The CU recreation center also provides the opportunity to form intramurals.

Greek life

Fraternities and sororities can provide an outlet to meet people, develop leadership skills and get involved with Greek philanthropy events. CU has a variety of Greek organizations, including multicultural fraternities and sororities.

Students interested in formal recruitment for women’s social (Panhellenic) sororities must sign up by Sept. 18. Fall recruitment will run from Sept. 20 to Sept. 25 this year.

Fraternity recruitment is more free-form, but fraternities will hold open houses on Saturday, Sept. 21, from 5 to 9:30 p.m. and Sunday, Sept. 22, from 1 to 6 p.m. for those interested in joining.

Political and environmental issues

The Environmental Center has employment and volunteer opportunities and hosts events related to sustainability and the environment. Other active student groups include CoPIRG, CU BioDiesel, Amnesty International, New Era, College Democrats, College Republicans, 180>11, Student Worker Alliance Program, Model United Nations and STAND.

Community service, internships or leadership

One way to get involved is to join CU’s student government, University of Colorado Student Government (CUSG). Incoming students can join the Freshman Class Council, the Diversity Commission, or one of the joint boards (Rec Board, E-Center, Health Board, UMC Board and Finance Board).

CU GOLD (Gaining Opportunities through Leadership Development) is an organization that provides free leadership resources to CU students to help them become better leaders.

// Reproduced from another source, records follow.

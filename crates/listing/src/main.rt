// The listing of the table that the commands on standard input leave, and nothing else.
#![tactic(auto)]

fn main(rt: HostRuntime) {
    let mut words = [0u32; pool::MOST_WORDS + 16];
    let mut out = rt.stdout();
    session::run(&mut rt.stdin(), &mut out, &mut words, false);
    let _ = reply::list(&mut out, &words);
}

According to its website, the Volunteer Resource Center can offer community service opportunities or catalyze participation in Alternative Breaks, a group the helps students learn about social and environmental justice issues faced by members of diverse communities through education, direct service and reflection.

Career Services aids students in finding internships during their time at CU and prepares them for a career after graduation.

Diversity

Paid and volunteer opportunities for students can be found at the Advocacy Centers. They also offer a safe space, resources, work with various affiliated students groups and sponsor many events. All centers are open and welcome to anyone on campus.

These centers include the Gay, Lesbian, Bisexual, Transgender Resource Center, Women’s Resource Center, SORCE, Community Health, Disability Services, Center for Multicultural Affairs and Dennis Small Cultural Center. The DSCC sponsors free programming like films, forums, cooking, dance and art classes that celebrate many cultures, and also provides a safe space for underrepresented student groups, according to its website.

There are many other active student groups related to cultural and ethnic identity on campus, including Black Student Alliance, Chinese Student Association, Persian Student Alliance, Saudi Student Association, Hillel and others.

Students can also get an idea of more possibilities by attending the Student Organization Fair and the Volunteer Fair. Both will provide the opportunity to meet with dozens of student groups, departments and community organizations.

The fall 2013 Student Involvement Fair will take place on Wednesday, Sept. 4, from 11 a.m. to 2 p.m. The fair will be held outside the University Memorial Center in the fountain and arcade areas.